It's not often that I agree with Attorney General Eric Holder. But, then again, it's not often that Holder publicly embraces an anti-terrorism measure I proposed 48 hours earlier.
In last week's column, I suggested that the 1984 "public safety" exception to issuing Miranda warnings be significantly modified for terrorists such as confessed Times Square bomber Faisal Shahzad. Rather than just allowing pre-Miranda questioning about any immediate danger, the public safety exception should be expanded to allow full interrogation of the outer limits of that attack, and any others being plotted.

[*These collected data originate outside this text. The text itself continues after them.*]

impl<C: Alter, S: Signer> Office<C, S> {
    /// Whether the pages (`earlier`, then `page`) may change the records. A single page without rows, CRL, new head or new positions does not.
    pub(crate) fn have_news(
        &mut self,
        from: &Positions,
        earlier: &[ReceivedPage],
        page: &ReceivedPage,
    ) -> Result<bool, FollowFault>
        ensures { OfficeLooks C.Store S.Signer (λ records. IfOk result (λ news. news ≡ false
            → (earlier.now ≡ []) × IsWithoutNews page.now records)) self.old self.new }
    {
        if !earlier.is_empty() {
            return Ok(true);
        }
        match is_news(&mut self.store, from, page) {
            Ok(news) => Ok(news),
            Err(fault) => Err(follow_fault(Stopped::Database(fault))),
        }
    }

    /// Enters pages, of which `page` is the last, in one transaction.
    pub(crate) fn follow_news(
        &mut self,
        alloc: Global,
        from: &Positions,
        pages: &[ReceivedPage],
        page: &ReceivedPage,
    ) -> Result<Positions, FollowFault>
        ensures stops { FormsSign S.signs S.forms → IsLastOf pages.now page.now → OfficeStops C.Store S.Signer
            (follow_call pages.now) (store_result result) (λ signers. EntersPages pages.now result)
            self.old self.new }
        ensures idle { StaysIdle C.Store self.old.store self.new.store }
    {
        match self.store.begin() {
            Ok(()) => {}
            Err(fault) => return Err(follow_fault(Stopped::Database(fault))),
        }
        match self.follow_within(alloc, from, pages, page) {
            Ok(()) => match self.store.end(Ok(())) {
                Ok(()) => Ok(page.positions),
                Err(fault) => Err(follow_fault(Stopped::Database(fault))),
            },
            Err(stopped) => {
                // Rolls back. `end` returns only the error passed to it, which stands in for `stopped`.
                let _ = self.store.end(Err(DatabaseFault::Store));
                Err(follow_fault(stopped))
            }
        }
    }
}

// ---- the transaction: each call is a step in it, and after an error it must be rolled back
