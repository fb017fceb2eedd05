//! Runs the commands of a batch inside one transaction, which `Office::run_batch` begins and ends.

ghost use Rattle.std.specs.Prelude.{IfErr, IfOk};
ghost use Rattle.reg_office.specs.Batches.{HappensWithin, RunsWithin, StopsBatch};
ghost use Rattle.reg_office.specs.Calls.{SignsNothing};
ghost use Rattle.reg_store_changes.specs.WithinTransactions.{StepsWithin};

use crate::office::Office;
use reg_core::{Command, Fault, Moment, Outcome, Refusal};
use reg_crl::Signer;
use reg_office_reads::decide;
use sqlite::Alter;
use std::alloc::Global;

impl<C: Alter, S: Signer> Office<C, S> {
    /// Runs the commands, each at its moment, and returns one outcome for each. Errors, after which the caller must roll the transaction back:
    /// `Memory`; `Store`; `Signer` for the command `crl`, because a batch signs nothing.
    pub(crate) fn run_each(
        &mut self,
        alloc: Global,
        commands: &[(Moment, Command)],
    ) -> Result<Vec<Outcome>, Fault>
        ensures ran { IfOk result (λ outcomes. RunsWithin C.Store S.signs (S.identity self.old.signer)
            self.old.store self.new.store commands.now outcomes.items) }
        ensures stepped { StepsWithin C.Store self.old.store self.new.store }
        ensures untouched { SignsNothing self.old self.new }
        ensures faults { IfErr result StopsBatch }
    {
        let Ok(mut outcomes) = Vec::with_capacity(alloc, commands.len()) else {
            return Err(Fault::Memory);
        };
        for (now, command) in commands {
            let outcome = match self.run_within(*now, command) {
                Ok(outcome) => outcome,
                Err(fault) => return Err(fault),
            };
            let Ok(()) = outcomes.push(outcome) else {
                return Err(Fault::Memory);
            };
        }
        Ok(outcomes)
    }

    /// Runs one command. `Ok` has its outcome: a reply, a refusal, or a failed look-up that leaves the transaction under way. `Err` ends the batch.
    fn run_within(&mut self, now: Moment, command: &Command) -> Result<Outcome, Fault>
        ensures ran { IfOk result (HappensWithin C.Store S.signs (S.identity self.old.signer)
            self.old.store self.new.store now command.now) }
        ensures stepped { StepsWithin C.Store self.old.store self.new.store }
        ensures untouched { SignsNothing self.old self.new }
        ensures faults { IfErr result StopsBatch }
    {
        if now >= Moment::CLOCK_END {
            return Ok(Err(Fault::Refused(Refusal::ClockEnd)));
        }
        match *command {
            Command::Crl => Err(Fault::Signer),
            _ => match decide(&mut self.store, now, command) {
                Ok((reply, change)) => match self.store.enter(now, &change) {
                    Ok(()) => Ok(Ok(reply)),
                    // `enter` writes the change. `Store` stands for its error `Memory` too: after either, the caller rolls back.
                    Err(_) => Err(Fault::Store),
                },
                Err(fault) => {
                    // If no transaction is under way now, a failure of the database has ended it.
                    if self.store.is_idle() {
                        return Err(Fault::Store);
                    }
                    Ok(Err(fault))
                }
            },
        }
    }
}
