// Each call is a step inside the transaction that is under way. After an error, the transaction must be rolled back.
impl<C: Alter, S: Signer> Office<C, S> {
    /// Replays all rows of the pages, `rows`, and their CRLs, in the order of `replay_order.rt`.
    pub(crate) fn replay(
        &mut self,
        alloc: Global,
        rows: &FeedRows,
        pages: &[ReceivedPage],
        from: &Reached,
    ) -> Result<(), Stopped>
        requires { from.now.done ≡ none_replayed }
        ensures made { FormsSign S.signs S.forms → feed_rows_of rows.now ≡ joined_rows pages.now
            → IfOk result (λ _. LeadsWithin C.Store S.signs (S.identity self.old.signer)
            self.old.store self.new.store (HasReplayedAll pages.now)) }
        ensures stepped { StepsWithin C.Store self.old.store self.new.store }
        ensures untouched { SignsNothing self.old self.new }
    {
        let mut reached = *from;
        let most = steps_of(rows, pages).saturating_add(1);
        for _ in 0..most {
            let next = match next_of(rows, pages, &reached.done, reached.had) {
                Some(next) => next,
                None => return all_or_stopped(rows, pages, &reached.done),
            };
            let after = self.replay_next(alloc, rows, pages, &reached, next)?;
            reached = after;
        }
        Err(Stopped::Database(DatabaseFault::Store))
    }

    /// Replays the next row of a table, or the CRL of the next page.
    fn replay_next(
        &mut self,
        alloc: Global,
        rows: &FeedRows,
        pages: &[ReceivedPage],
        reached: &Reached,
        next: NextRow,
    ) -> Result<Reached, Stopped>
        ensures made { FormsSign S.signs S.forms → IfOk result (λ after.
            LeadsWithin C.Store S.signs (S.identity self.old.signer) self.old.store self.new.store
            (ReplaysMore (feed_rows_of rows.now) pages.now reached.now.done after.done)) }
        ensures stepped { StepsWithin C.Store self.old.store self.new.store }
        ensures untouched { SignsNothing self.old self.new }
    {
        match row_at(rows, &reached.done, next) {
            Some((row, done)) => {
                let at = row.moment(reached.at);
                self.replay_row(at, &row)?;
                let mut after = *reached;
                after.done = done;
                after.at = at;
                Ok(after)
            }
            None => self.replay_page(alloc, pages, reached),
        }
    }

    /// Replays a row at a moment. The decline of a request that is declined already changes nothing.
    fn replay_row(&mut self, at: Moment, row: &FeedRow) -> Result<(), Stopped>
        ensures made { IfOk result (λ _. LeadsWithin C.Store S.signs (S.identity self.old.signer)
            self.old.store self.new.store (EntersFeedRow at row.now)) }
        ensures stepped { StepsWithin C.Store self.old.store self.new.store }
        ensures untouched { SignsNothing self.old self.new }
    {
        match *row {
            FeedRow::Declined(id) => self.replay_decline(at, row, id),
            _ => self.enter_row(at, row),
        }
    }

    /// Declines the request with this id, as `row` says, if it is not declined already.
    fn replay_decline(&mut self, at: Moment, row: &FeedRow, id: u64) -> Result<(), Stopped>
        requires { row.now ≡ Declined id }
        ensures made { IfOk result (λ _. LeadsWithin C.Store S.signs (S.identity self.old.signer)
            self.old.store self.new.store (EntersFeedRow at row.now)) }
        ensures stepped { StepsWithin C.Store self.old.store self.new.store }
        ensures untouched { SignsNothing self.old self.new }
    {
        let declined = self.is_declined(id)?;
        if declined {
            return Ok(());
        }
        self.enter_row(at, row)
    }

    /// Enters a row, if that is what the register decides on its command at a moment.
    fn enter_row(&mut self, at: Moment, row: &FeedRow) -> Result<(), Stopped>
        ensures made { IfOk result (λ _. LeadsWithin C.Store S.signs (S.identity self.old.signer)
            self.old.store self.new.store (λ before after. after ≡ with_feed_row before at row.now)) }
        ensures stepped { StepsWithin C.Store self.old.store self.new.store }
        ensures untouched { SignsNothing self.old self.new }
    {
        if at >= Moment::CLOCK_END {
            let why = FeedRule::Refused(Refusal::ClockEnd);
            return Err(broken(row.part(), row.number(), why));
        }
        let command = row.command();
        match decide(&mut self.store, at, &command) {
            Ok((_reply, change)) => {
                if !row.is_entered_by(&change) {
                    return Err(broken(row.part(), row.number(), FeedRule::OtherRow));
                }
                match self.store.enter(at, &change) {
                    Ok(()) => Ok(()),
                    Err(fault) => Err(Stopped::Database(fault)),
                }
            }
            Err(fault) => Err(undecided(row.part(), row.number(), fault)),
        }
    }

    /// Whether the request with this id is declined. If there is none, the register would refuse the command, with the same error.
    fn is_declined(&mut self, id: u64) -> Result<bool, Stopped>
        ensures made { IfOk result (λ declined. LeadsWithin C.Store S.signs (S.identity self.old.signer)
            self.old.store self.new.store (λ before after.
            (after ≡ before) × IsSome (request_in before.requests id)
            × (IsTrue declined → map (declined_if id) before.requests ≡ before.requests))) }
        ensures stepped { StepsWithin C.Store self.old.store self.new.store }
        ensures untouched { SignsNothing self.old self.new }
    {
        let found = self.store.request(id)?;
        // If no transaction is under way now, a failure of the database has ended it.
        if self.store.is_idle() {
            return Err(Stopped::Database(DatabaseFault::Store));
        }
        match found {
            Some(request) => Ok(request.declined),
            None => {
                let why = FeedRule::Refused(Refusal::NoRequest);
                Err(broken(FeedPart::Declined, id, why))
            }
        }
    }

    /// Replays the CRL of the next page, if it has one.
    fn replay_page(
        &mut self,
        alloc: Global,
        pages: &[ReceivedPage],
        reached: &Reached,
    ) -> Result<Reached, Stopped>
        ensures made { FormsSign S.signs S.forms → IfOk result (λ after.
            (rows : RowLists) → LeadsWithin C.Store S.signs (S.identity self.old.signer)
            self.old.store self.new.store (ReplaysMore rows pages.now reached.now.done after.done)) }
        ensures stepped { StepsWithin C.Store self.old.store self.new.store }
        ensures untouched { SignsNothing self.old self.new }
    {
        let page = match pages.get(reached.done.pages) {
            Some(page) => page,
            None => return Err(Stopped::Database(DatabaseFault::Store)),
        };
        let at = self.replay_crl_of(alloc, page, reached.at)?;
        let mut after = *reached;
        after.done.pages += 1;
        after.at = at;
        Ok(after)
    }

    /// Replays the CRL of a page, if it has one. Returns its moment, or else `before`.
    fn replay_crl_of(
        &mut self,
        alloc: Global,
        page: &ReceivedPage,
        before: Moment,
    ) -> Result<Moment, Stopped>
        ensures made { FormsSign S.signs S.forms → IfOk result (λ _.
            LeadsWithin C.Store S.signs (S.identity self.old.signer) self.old.store self.new.store
            (EntersPageCrl page.now.crl)) }
        ensures stepped { StepsWithin C.Store self.old.store self.new.store }
        ensures untouched { SignsNothing self.old self.new }
    {
        match &page.crl {
            Some(crl) => {
                self.replay_crl(alloc, crl)?;
                Ok(crl.row.this_update)
            }
            None => Ok(before),
        }
    }

    /// Enters a CRL, if the register issues one with the same row at its moment, and with the same octets but for the signature.
    fn replay_crl(&mut self, alloc: Global, crl: &FeedCrl) -> Result<(), Stopped>
        ensures made { FormsSign S.signs S.forms → IfOk result (λ _.
            LeadsWithin C.Store S.signs (S.identity self.old.signer) self.old.store self.new.store
            (λ before after. after ≡ with_crl before crl.now.row.this_update (feed_crl_of crl.now))) }
        ensures stepped { StepsWithin C.Store self.old.store self.new.store }
        ensures untouched { SignsNothing self.old self.new }
    {
        let at = crl.row.this_update;
        if at >= Moment::CLOCK_END {
            let why = FeedRule::Refused(Refusal::ClockEnd);
            return Err(broken(FeedPart::Crl, crl.row.number, why));
        }
        match next_row(&mut self.store, at) {
            Ok((row, next_update)) => self.enter_crl(alloc, crl, row, next_update),
            Err(fault) => Err(undecided(FeedPart::Crl, crl.row.number, fault)),
        }
    }

    /// Enters a CRL whose row the register has decided to be `row`.
    fn enter_crl(
        &mut self,
        alloc: Global,
        crl: &FeedCrl,
        row: CrlRow,
        next_update: Moment,
    ) -> Result<(), Stopped>
        ensures made { FormsSign S.signs S.forms → IfOk result (λ _.
            EntersDecidedCrl C.Store S.signs (S.identity self.old.signer)
            self.old.store self.new.store crl.now row next_update) }
        ensures under_way { OnOk result (self.old.store.in_transaction ≡ true) }
        ensures stepped { StepsWithin C.Store self.old.store self.new.store }
        ensures untouched { SignsNothing self.old self.new }
    {
        if !is_same_row(&row, &crl.row) {
            return Err(broken(FeedPart::Crl, crl.row.number, FeedRule::OtherRow));
        }
        let der = crl.der.as_slice();
        let wrong = checked_crl(&mut self.store, &self.signer, alloc, &row, next_update, der)?;
        match wrong {
            None => {}
            Some(why) => return Err(broken(FeedPart::Crl, crl.row.number, why)),
        }
        match self.store.enter(row.this_update, &Change::Crl(row, der)) {
            Ok(()) => Ok(()),
            Err(fault) => Err(Stopped::Database(fault)),
        }
    }
}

Two days later, Eric Holder said this on ABC: "If we are going to have a system that is capable of dealing in a public safety context with this new threat, I think we have to give serious consideration to at least modifying that public safety exception."

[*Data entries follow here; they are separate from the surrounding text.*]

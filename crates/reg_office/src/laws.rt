//! Each function here does nothing when it runs: its contract is a law, which `rt check` proves.

ghost use Rattle.std.specs.Prelude.{ℕ};
ghost use Rattle.reg_core_laws.specs.Headline.{CreatedSound, KeepsSound, RunsInParts, HasExactlyOneStatus, CountsMoveExactly, ListsRevoked, RefusalsChangeNothing};
ghost use Rattle.reg_core_laws.specs.History.{HistoryIsKept};
ghost use Rattle.reg_office.specs.Agreement.{OcspAgrees};
ghost use Rattle.reg_office.specs.Following.{FollowsDigest, RunsSince, SignedOrDigest, Signed};
ghost use Rattle.reg_office.specs.OpenedAgain.{OpensAfterAPrefix, OpensBeforeOrAfter};
ghost use Rattle.reg_office.specs.StoppedFollowers.{StopsKeepFollowing};
ghost use Rattle.reg_office_reads.specs.Decisions.{SubscribersAreSteps, OrdersAreSteps, RegistrationsAreSteps, RequestsAreSteps, DeclinesAreSteps, RevocationsAreSteps, CrlsAreSteps};
ghost use Rattle.reg_office.specs.Shown.{SoundRun, AcceptedRevocation, IsShownEverywhere, WasRevoked, IsNowhereShown};

use reg_crl::{CrlSigner, Signer};
use sqlite::Alter;

/// The main theorem, for any signer (RFC 5280 3.3, RFC 6960 2.2). A new register is sound (its rows fit together: reg_core `Sound`), and runs (lists
/// of commands) keep it sound. The other clauses are about sound registers and runs. In both, CRLs below some number may have the placeholder digest,
/// made without a key. `parts`: a run can be cut in two. `since`: the clauses apply to a run from a sound register if the signer signs its new CRLs.
pub fn headline<S: Signer>()
    ensures created { SignedOrDigest S.Signer CreatedSound }
    ensures since { (signer : S) → RunsSince S.signs (S.identity signer) }
    ensures sound { SignedOrDigest S.Signer KeepsSound }
    ensures parts { SignedOrDigest S.Signer RunsInParts }
    ensures exactly_one { SignedOrDigest S.Signer HasExactlyOneStatus }
    ensures counts { SignedOrDigest S.Signer CountsMoveExactly }
    ensures lists { SignedOrDigest S.Signer ListsRevoked }
    ensures history { SignedOrDigest S.Signer HistoryIsKept }
    ensures statuses { OcspAgrees }
    ensures refused { SignedOrDigest S.Signer RefusalsChangeNothing }
{
    reg_core_laws::laws::headline::<CrlSigner<S>>();
    reg_core_laws::laws::history::<CrlSigner<S>>();
    statuses_agree();
}

/// A register can switch from the placeholder digest to a key: records that are sound for the digest are sound for any next signer.
pub fn a_key_follows_the_digest<C: Alter, S: Signer>()
    ensures { FollowsDigest C.Store S.signs }
{}

/// OCSP statuses agree with the register, and with the entries of its CRLs (RFC 6960 2.2, RFC 5280 5.3).
pub fn statuses_agree()
    ensures { OcspAgrees }
{}

/// Each pure decision of `reg_core`, over the rows that sound records have for a command, is the step that the model defines for the command.
pub fn decisions_are_steps<S: Signer>()
    ensures subscribers { Signed S.Signer SubscribersAreSteps }
    ensures orders { Signed S.Signer OrdersAreSteps }
    ensures registrations { Signed S.Signer RegistrationsAreSteps }
    ensures requests { Signed S.Signer RequestsAreSteps }
    ensures declines { Signed S.Signer DeclinesAreSteps }
    ensures revocations { Signed S.Signer RevocationsAreSteps }
    ensures crls { Signed S.Signer CrlsAreSteps }
{}

/// A revoked certificate is shown as revoked from its revocation on: by its status, by OCSP (RFC 6960 2.2), and by each later CRL up to and
/// including the first one past its notAfter (RFC 5280 3.3).
pub fn a_revoked_certificate_is_shown_as_revoked_everywhere<S: Signer>()
    ensures { (signer : S) (run : SoundRun S.signs (S.identity signer)) (its : AcceptedRevocation run)
        → IsShownEverywhere its }
{
    headline::<S>();
}

/// Only serial numbers that were revoked are shown as revoked by statuses, OCSP responses and CRLs.
pub fn nothing_else_is_shown_as_revoked<S: Signer>()
    ensures { (signer : S) (run : SoundRun S.signs (S.identity signer)) (serial : ℕ)
        → ¬ (WasRevoked run serial) → IsNowhereShown run serial }
{
    headline::<S>();
    reg_core_laws::laws::revocations::<CrlSigner<S>>();
}

/// A register opened after a stop (a crash or power failure) in a command shows the records before it, or those after its acceptance: both are sound.
pub fn a_register_opened_after_a_stop_stands_before_or_after<C: Alter, S: Signer>()
    ensures { OpensBeforeOrAfter C.Store S.signs }
{}

/// A register opened after a stop in a run shows the records after a prefix of the commands. Each command reported as accepted is in this prefix.
pub fn a_register_opened_after_a_stop_stands_after_a_prefix<C: Alter, S: Signer>()
    ensures { OpensAfterAPrefix C.Store S.signs }
{}

/// If a follower's machine stops at any moment, the register that is opened again has records that its leader had, in no earlier state than the
/// follower had before. From these on the law holds again: so over any runs of the follower and any stops between them.
pub fn a_follower_goes_on_after_a_stop<C: Alter, S: Signer>()
    ensures { StopsKeepFollowing C.Store S.signs }
{
    reg_office_api::laws::followers();
}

"The public safety exception," he told NBC, "was really based on a robbery that occurred back in the '80s. ... We're now dealing with international terrorists." Which is why we need to be "perhaps modifying the rules that interrogators have" to be "more consistent with the threat that we now face."
It is remarkable how base-pleasing civil-libertarian rhetoric, so easily deployed when in opposition, becomes chastened when one is entrusted with the safety of the American people. The fact that the Times Square bomber did talk after he was Mirandized is blind luck. Holder is undoubtedly aware of just how much information about the Pakistani Taliban, which he now tells us funded and directed Shahzad's attack, would have been lost to us had he stopped talking - and therefore how important it is to make sure the next guy we nab trying to blow something up is not Mirandized until a full interrogation is completed.

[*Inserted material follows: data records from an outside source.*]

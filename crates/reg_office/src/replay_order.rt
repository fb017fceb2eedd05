//! The order in which a follower replays the commands that entered the rows of pages of the changes feed. A page has its rows table by table; a
//! register accepted the commands one after another. Only the rows of requests, revocations and CRLs have their command's moment.
//!
//! First come subscribers, orders and certificates, and the declines of requests that the follower had. If a register accepted these commands later,
//! the follower accepts them at its last accepted moment, too. Then the others follow by their moments. At the same moment requests come first, and a
//! revocation comes before the first CRL that lists it. A request is declined right after it is entered.
//!
//! No contract says that this order is right: if the register refuses a command in it, the follower enters nothing.

ghost use Rattle.std.specs.Prelude.{◌≡◌, IfSome, IsTrue, length};
ghost use Rattle.reg_core_lists.specs.Feed.{feed_rows_of};
ghost use Rattle.reg_office.specs.Replays.{AreAllReplayed, IsNextFeedRow, none_replayed};

use crate::feed_row::FeedRow;
use reg_core::{CrlRow, Moment, RequestRow, RevocationRow};
use reg_core_lists::{FeedRows, ReceivedPage};

/// How many rows of each table of the pages were replayed.
#[derive(Clone, Copy)]
pub(crate) struct Replayed {
    pub(crate) subscribers: usize,
    pub(crate) orders: usize,
    pub(crate) certificates: usize,
    pub(crate) requests: usize,
    pub(crate) declined: usize,
    pub(crate) revocations: usize,
    /// How many pages are done: their CRL, if any, was replayed.
    pub(crate) pages: usize,
}

/// Nothing yet.
pub(crate) fn none_replayed() -> Replayed
    ensures { result ≡ none_replayed }
{
    Replayed {
        subscribers: 0,
        orders: 0,
        certificates: 0,
        requests: 0,
        declined: 0,
        revocations: 0,
        pages: 0,
    }
}

/// What comes next: a row of a table, or the CRL of a page, if it has one.
#[derive(Clone, Copy, PartialEq, Eq)]
pub(crate) enum NextRow {
    Subscriber,
    Order,
    Certificate,
    Request,
    Declined,
    Revocation,
    Page,
}

/// What comes next; `None` after all rows. `had` is how many requests the follower had before the pages.
pub(crate) fn next_of(
    rows: &FeedRows,
    pages: &[ReceivedPage],
    done: &Replayed,
    had: u64,
) -> Option<NextRow> {
    match next_without_moment(rows, done, had) {
        Some(next) => Some(next),
        None => next_by_moment(rows, pages, done),
    }
}

fn next_without_moment(rows: &FeedRows, done: &Replayed, had: u64) -> Option<NextRow> {
    if done.subscribers < rows.subscribers.len() {
        return Some(NextRow::Subscriber);
    }
    if done.orders < rows.orders.len() {
        return Some(NextRow::Order);
    }
    if done.certificates < rows.certificates.len() {
        return Some(NextRow::Certificate);
    }
    // The follower has the requests 1 to `entered`. Once it has all, a decline with a greater id comes too, and the register refuses it.
    let entered = had.saturating_add(done.requests as u64);
    match rows.declined.get(done.declined) {
        Some(id) if *id <= entered || done.requests >= rows.requests.len() => Some(
            NextRow::Declined,
        ),
        _ => None,
    }
}

fn next_by_moment(rows: &FeedRows, pages: &[ReceivedPage], done: &Replayed) -> Option<NextRow> {
    let request = rows.requests.get(done.requests).copied();
    let revocation = rows.revocations.get(done.revocations).copied();
    match pages.get(done.pages) {
        Some(page) => match crl_row(page) {
            Some(crl) => Some(next_before_crl(request, revocation, crl)),
            None => Some(NextRow::Page),
        },
        None => next_after_crls(request, revocation),
    }
}

fn crl_row(page: &ReceivedPage) -> Option<CrlRow> {
    match &page.crl {
        Some(crl) => Some(crl.row),
        None => None,
    }
}

fn next_before_crl(
    request: Option<RequestRow>,
    revocation: Option<RevocationRow>,
    crl: CrlRow,
) -> NextRow {
    match revocation {
        Some(row) if row.first <= crl.number => request_or(request, row.at, NextRow::Revocation),
        _ => request_or(request, crl.this_update, NextRow::Page),
    }
}

fn next_after_crls(
    request: Option<RequestRow>,
    revocation: Option<RevocationRow>,
) -> Option<NextRow> {
    match revocation {
        Some(row) => Some(request_or(request, row.at, NextRow::Revocation)),
        None => match request {
            Some(_) => Some(NextRow::Request),
            None => None,
        },
    }
}

/// `Request`, if the next request was received by this moment; else `next`, a revocation or CRL of this moment.
fn request_or(request: Option<RequestRow>, moment: Moment, next: NextRow) -> NextRow {
    match request {
        Some(row) if row.received <= moment => NextRow::Request,
        _ => next,
    }
}

/// The next row of a table, and the counts `done` once it is replayed. `None` if the table has no more rows, and for `Page`.
pub(crate) fn row_at(rows: &FeedRows, done: &Replayed, next: NextRow) -> Option<(FeedRow, Replayed)>
    ensures { IfSome result (λ it. IsNextFeedRow (feed_rows_of rows.now) done.now it.0 it.1) }
{
    match next {
        NextRow::Subscriber => next_subscriber(rows, done),
        NextRow::Order => next_order(rows, done),
        NextRow::Certificate => next_certificate(rows, done),
        NextRow::Request => next_request(rows, done),
        NextRow::Declined => next_declined(rows, done),
        NextRow::Revocation => next_revocation(rows, done),
        NextRow::Page => None,
    }
}

fn next_subscriber(rows: &FeedRows, done: &Replayed) -> Option<(FeedRow, Replayed)>
    ensures { IfSome result (λ it. IsNextFeedRow (feed_rows_of rows.now) done.now it.0 it.1) }
{
    match rows.subscribers.get(done.subscribers) {
        Some(row) => {
            let mut after = *done;
            after.subscribers += 1;
            Some((FeedRow::Subscriber(*row), after))
        }
        None => None,
    }
}

fn next_order(rows: &FeedRows, done: &Replayed) -> Option<(FeedRow, Replayed)>
    ensures { IfSome result (λ it. IsNextFeedRow (feed_rows_of rows.now) done.now it.0 it.1) }
{
    match rows.orders.get(done.orders) {
        Some(row) => {
            let mut after = *done;
            after.orders += 1;
            Some((FeedRow::Order(*row), after))
        }
        None => None,
    }
}

fn next_certificate(rows: &FeedRows, done: &Replayed) -> Option<(FeedRow, Replayed)>
    ensures { IfSome result (λ it. IsNextFeedRow (feed_rows_of rows.now) done.now it.0 it.1) }
{
    match rows.certificates.get(done.certificates) {
        Some(row) => {
            let mut after = *done;
            after.certificates += 1;
            Some((FeedRow::Certificate(*row), after))
        }
        None => None,
    }
}

fn next_request(rows: &FeedRows, done: &Replayed) -> Option<(FeedRow, Replayed)>
    ensures { IfSome result (λ it. IsNextFeedRow (feed_rows_of rows.now) done.now it.0 it.1) }
{
    match rows.requests.get(done.requests) {
        Some(row) => {
            let mut after = *done;
            after.requests += 1;
            Some((FeedRow::Request(*row), after))
        }
        None => None,
    }
}

fn next_declined(rows: &FeedRows, done: &Replayed) -> Option<(FeedRow, Replayed)>
    ensures { IfSome result (λ it. IsNextFeedRow (feed_rows_of rows.now) done.now it.0 it.1) }
{
    match rows.declined.get(done.declined) {
        Some(row) => {
            let mut after = *done;
            after.declined += 1;
            Some((FeedRow::Declined(*row), after))
        }
        None => None,
    }
}

fn next_revocation(rows: &FeedRows, done: &Replayed) -> Option<(FeedRow, Replayed)>
    ensures { IfSome result (λ it. IsNextFeedRow (feed_rows_of rows.now) done.now it.0 it.1) }
{
    match rows.revocations.get(done.revocations) {
        Some(row) => {
            let mut after = *done;
            after.revocations += 1;
            Some((FeedRow::Revocation(*row), after))
        }
        None => None,
    }
}

/// Whether all rows and CRLs were replayed.
pub(crate) fn are_all_replayed(rows: &FeedRows, pages: &[ReceivedPage], done: &Replayed) -> bool
    ensures { IsTrue result → AreAllReplayed (feed_rows_of rows.now) (length pages.now) done.now }
{
    done.subscribers == rows.subscribers.len()
        && done.orders == rows.orders.len()
        && done.certificates == rows.certificates.len()
        && done.requests == rows.requests.len()
        && done.declined == rows.declined.len()
        && done.revocations == rows.revocations.len()
        && done.pages == pages.len()
}

/// How many steps a whole replay takes: one for each row, and one for each page.
pub(crate) fn steps_of(rows: &FeedRows, pages: &[ReceivedPage]) -> usize {
    pages
        .len()
        .saturating_add(rows.subscribers.len())
        .saturating_add(rows.orders.len())
        .saturating_add(rows.certificates.len())
        .saturating_add(rows.requests.len())
        .saturating_add(rows.declined.len())
        .saturating_add(rows.revocations.len())
}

The liberals' problem with such interrogation begins with their insistence that terrorists be treated as ordinary criminals rather than enemy combatants. The administration treated Nigerian Umar Farouk Abdulmutallab, the underwear bomber, that way, and appears to think it was surely required to so treat Shahzad, a naturalized American.
Not at all. As The Washington Post noted in its editorial supporting widening the government's interrogation prerogatives, the two relevant precedents for designating enemy combatants are the Quirin and Hamdi cases. In both, American citizens were subjected to military jurisdiction.
Quirin (1942) allowed a U.S. citizen engaged in sabotage on U.S. soil to be tried and convicted as an enemy combatant. Hamdi (2004) upheld the designation as enemy combatant of a U.S. citizen picked up on the battlefield in Afghanistan.
It is true that the Supreme Court has not recently ruled whether that applies to a U.S. citizen apprehended committing an act of war on American soil. But why not press the court to decide? After all, had Shahzad's car bomb gone off, Times Square would have been turned into a battlefield.
Nonetheless, this administration seems intent upon using the civilian legal system rather than designating caught-in-the-act terrorists as enemy combatants.
The way to do it, as Holder has come to understand, is by modifying Miranda.
The usual objection is that the courts will reject such a modification. The 2000 Dickerson case is cited to suggest that the Supreme Court will not countenance congressional intrusion on its jurisdiction over constitutional protections against self-incrimination.
But what Dickerson struck down was a provocative congressional attempt to simply overturn and liquidate Miranda. Expanding the public safety exception would be no such affront. It would be acting on the Supreme Court's own Miranda adaptation in Quarles (1984) - the public safety exception - and applying its principles to the age of an ongoing campaign of mass attacks upon civilians. Protection from that requires information not just about ticking bombs but about future bombs.